Pertandingan pekan terakhir Serie A 2025-2026 antara Torino melawan Juventus terpaksa ditunda selama satu jam setelah terjadi bentrokan hebat antar-kelompok ultras di luar Stadion Grande Torino pada Senin, 25 Mei 2026, dini hari WIB.
Kericuhan yang melibatkan pelemparan kembang api, botol, hingga batu oleh kedua kubu suporter tersebut memaksa aparat kepolisian turun tangan melepaskan granat asap guna membubarkan massa.
Akibat insiden ini, beberapa penggemar dilaporkan mengalami luka-luka dan dilarikan ke Rumah Sakit Mauriziano dalam kondisi kritis setelah terkena suar di bagian kepala saat polisi membubarkan bentrokan.

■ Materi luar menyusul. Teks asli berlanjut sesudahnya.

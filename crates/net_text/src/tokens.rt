//! The tokens of a netlist's text, one ahead of where it is read.
ghost use Rattle.std.specs.Prelude.{◌≡◌, ◌<◌, IfOk, OnOk, length, drop};
ghost use Rattle.std.specs.Option.{option_map};
ghost use Rattle.text_defs.specs.Grammar.{Grammar, next, passes};
ghost use Rattle.text_defs.specs.Tokens.{one_of, of_class};
ghost use Rattle.net_text.specs.NetlistTokens.{netlist_tokens};
ghost use Rattle.net_text.specs.NetlistClasses.{dir_of, is_direction, begins_header, begins_expr, begins_item};
ghost use Rattle.net_text.specs.TokenViews.{class_view, test_of};
ghost use Rattle.net_text.specs.Sizes.{IsMeasured};
ghost use Rattle.net_text.specs.Streams.{word_view};
ghost use Rattle.text_streams.specs.Answers.{Answers};

use crate::classes::NetClass;
use crate::words::{Word, next_word};
use pw_defs::Dir;
use std::marker::Model;
use text_streams::{Place, Stop};

/// A name in the text, and its line.
#[derive(Clone, Copy)]
pub struct NameAt<'a> {
    pub text: &'a [u8],
    pub line: u32,
}

/// The tokens that are left of a text.
#[derive(Drop)]
pub struct Tokens<'a> {
    next: Option<Word<'a>>,
    place: Place<'a>,
}

impl<'a> Model for Tokens<'a> {
    ghost use Rattle.std.specs.Prelude.{List, ◌++◌};
    ghost use Rattle.text_defs.specs.Tokens.{Token};
    ghost use Rattle.net_text.specs.NetlistTokens.{NetlistClass};
    ghost use Rattle.text_streams.specs.Places.{IsAt};
    ghost use Rattle.net_text.specs.Sizes.{IsNextMeasured};
    ghost use Rattle.net_text.specs.Streams.{ahead, tokens_behind, EndsAt};

    ghost Value = { List (Token NetlistClass) };

    ghost view = { λ t. ahead t.next ++ tokens_behind t.place };

    ghost invariant = { λ t. IsAt t.place × EndsAt t.next (tokens_behind t.place) × IsNextMeasured (ahead t.next) };
}

/// Whether a token's class is this one.
fn is_of(class: NetClass, other: NetClass) -> bool
    ensures { result ≡ test_of class (class_view other) }
{
    match class {
        NetClass::Module => matches!(other, NetClass::Module),
        NetClass::Endmodule => matches!(other, NetClass::Endmodule),
        NetClass::Wire => matches!(other, NetClass::Wire),
        NetClass::Assign => matches!(other, NetClass::Assign),
        NetClass::Name => matches!(other, NetClass::Name),
        NetClass::Number => matches!(other, NetClass::Number),
        NetClass::Constant => matches!(other, NetClass::Constant),
        NetClass::Open => matches!(other, NetClass::Open),
        NetClass::Shut => matches!(other, NetClass::Shut),
        NetClass::LeftBracket => matches!(other, NetClass::LeftBracket),
        NetClass::RightBracket => matches!(other, NetClass::RightBracket),
        NetClass::LeftBrace => matches!(other, NetClass::LeftBrace),
        NetClass::RightBrace => matches!(other, NetClass::RightBrace),
        NetClass::Comma => matches!(other, NetClass::Comma),
        NetClass::Dot => matches!(other, NetClass::Dot),
        NetClass::Colon => matches!(other, NetClass::Colon),
        NetClass::Semicolon => matches!(other, NetClass::Semicolon),
        NetClass::Equals => matches!(other, NetClass::Equals),
        _ => false,
    }
}

/// The direction that a class of words says.
fn dir_of(class: NetClass) -> Option<Dir>
    ensures { result ≡ dir_of (class_view class) }
{
    match class {
        NetClass::Input => Some(Dir::Input),
        NetClass::Output => Some(Dir::Output),
        _ => None,
    }
}

fn is_direction(class: NetClass) -> bool
    ensures { result ≡ is_direction (class_view class) }
{
    matches!(class, NetClass::Input | NetClass::Output)
}

fn begins_header(class: NetClass) -> bool
    ensures { result ≡ begins_header (class_view class) }
{
    matches!(class, NetClass::Name | NetClass::Input | NetClass::Output)
}

fn begins_expr(class: NetClass) -> bool
    ensures { result ≡ begins_expr (class_view class) }
{
    matches!(
        class,
        NetClass::Name | NetClass::Constant | NetClass::LeftBrace
    )
}

fn begins_item(class: NetClass) -> bool
    ensures { result ≡ begins_item (class_view class) }
{
    matches!(
        class,
        NetClass::Input | NetClass::Output | NetClass::Wire | NetClass::Assign | NetClass::Name
    )
}

impl<'a> Tokens<'a> {
    /// The tokens of a text.
    #[tactic(auto, unfolding(crate::specs::Streams::tokens_from))]
    pub fn new(text: &'a [u8]) -> Tokens<'a>
        ensures { result ≡ netlist_tokens text.now }
    {
        let (next, place) = next_word(Place::new(text));
        Tokens { next, place }
    }

    /// The next token, if there is one.
    pub fn peek(&self) -> Option<Word<'a>>
        ensures { option_map word_view result ≡ next self.now }
    {
        self.next
    }

    /// Whether the next token is of a class.
    pub fn is_next(&self, class: NetClass) -> bool
        ensures { result ≡ passes (of_class (test_of class)) (next self.now) }
    {
        match self.next {
            None => false,
            Some(word) => is_of(class, word.class),
        }
    }

    /// Goes on behind the next token.
    fn step(&mut self)
        ensures { self.new ≡ drop 1 self.old }
    {
        let (next, place) = next_word(self.place);
        self.next = next;
        self.place = place;
    }

    /// The next token, which has to be of a class.
    #[tactic(auto, unfolding(text_defs::specs::Grammar::read), using(crate::proofs::StreamLaws::taken_there, crate::proofs::SizeLaws::measured_there))]
    pub fn one(&mut self, class: NetClass) -> Result<Word<'a>, Stop>
        ensures answers { Answers word_view (one_of (test_of class)) self.old result self.new }
        ensures measured { IfOk result (λ word. IsMeasured (class_view class) word.text.now) }
        ensures shorter { OnOk result (length self.new < length self.old) }
    {
        let word = match self.next {
            None => return Err(Stop::Fault),
            Some(word) => word,
        };
        if !is_of(class, word.class) {
            return Err(Stop::Fault);
        }
        self.step();
        Ok(word)
    }

    /// The next token, which has to say a direction.
    #[tactic(auto, unfolding(text_defs::specs::Grammar::read))]
    pub fn direction(&mut self) -> Result<Dir, Stop>
        ensures answers { Answers (λ d. d) (Grammar.token (λ t. dir_of t.class)) self.old result self.new }
        ensures shorter { OnOk result (length self.new < length self.old) }
    {
        let word = match self.next {
            None => return Err(Stop::Fault),
            Some(word) => word,
        };
        match dir_of(word.class) {
            None => Err(Stop::Fault),
            Some(dir) => {
                self.step();
                Ok(dir)
            }
        }
    }

    /// Whether the next token says a direction.
    pub fn is_direction_next(&self) -> bool
        ensures { result ≡ passes (of_class is_direction) (next self.now) }
    {
        match self.next {
            None => false,
            Some(word) => is_direction(word.class),
        }
    }

    /// Whether the next token begins the inside of a header.
    pub fn is_header_next(&self) -> bool
        ensures { result ≡ passes (of_class begins_header) (next self.now) }
    {
        match self.next {
            None => false,
            Some(word) => begins_header(word.class),
        }
    }

    /// Whether the next token begins an expression.
    pub fn is_expr_next(&self) -> bool
        ensures { result ≡ passes (of_class begins_expr) (next self.now) }
    {
        match self.next {
            None => false,
            Some(word) => begins_expr(word.class),
        }
    }

    /// Whether the next token begins an item.
    pub fn is_item_next(&self) -> bool
        ensures { result ≡ passes (of_class begins_item) (next self.now) }
    {
        match self.next {
            None => false,
            Some(word) => begins_item(word.class),
        }
    }
}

Sebelum sepak mula, manajemen Torino sempat memberikan peringatan tertulis agar para pembeli tiket di sektor Distinti dan Curva Primavera tidak memasuki area stadion dengan mengenakan atribut tim tamu.
Ketegangan meningkat saat bus yang membawa skuad Juventus mendapat serangan pelemparan botol dari pendukung tuan rumah ketika tiba di area stadion menjelang pertandingan bertajuk Derby della Mole tersebut.
Kelompok ultras tim tamu dilaporkan sempat mengancam akan melakukan aksi boikot berupa serbuan ke dalam lapangan jika Derby Turin tetap dipaksakan bergulir pada malam tersebut.
Aksi protes kelompok suporter Juventus dipicu oleh penolakan mereka terhadap jadwal pelaksanaan pertandingan derbi yang digelar pada malam hari.
Penolakan tersebut juga disampaikan langsung secara berulang kali kepada kapten kesebelasan Juventus, Manuel Locatelli, sebelum akhirnya para ultras memilih mengosongkan tribun tandang setelah laga diputuskan tetap berjalan.
Sikap protes pendukung tim tamu mendapat respons dari ultras Torino yang ikut menurunkan spanduk-spanduk mereka di dalam stadion sebagai bentuk solidaritas sesama kelompok suporter.
Dampak penundaan di Turin juga berimbas pada empat pertandingan Serie A lainnya yang dijadwalkan berlangsung pada Minggu malam, di mana sepak mula serentak diundur sekitar sepuluh menit demi menunggu kepastian situasi keamanan.
Laga derbi ini menjadi krusial bagi Juventus yang sedang membidik poin penuh demi mengamankan tiket kelolosan menuju kompetisi Liga Champions untuk musim depan.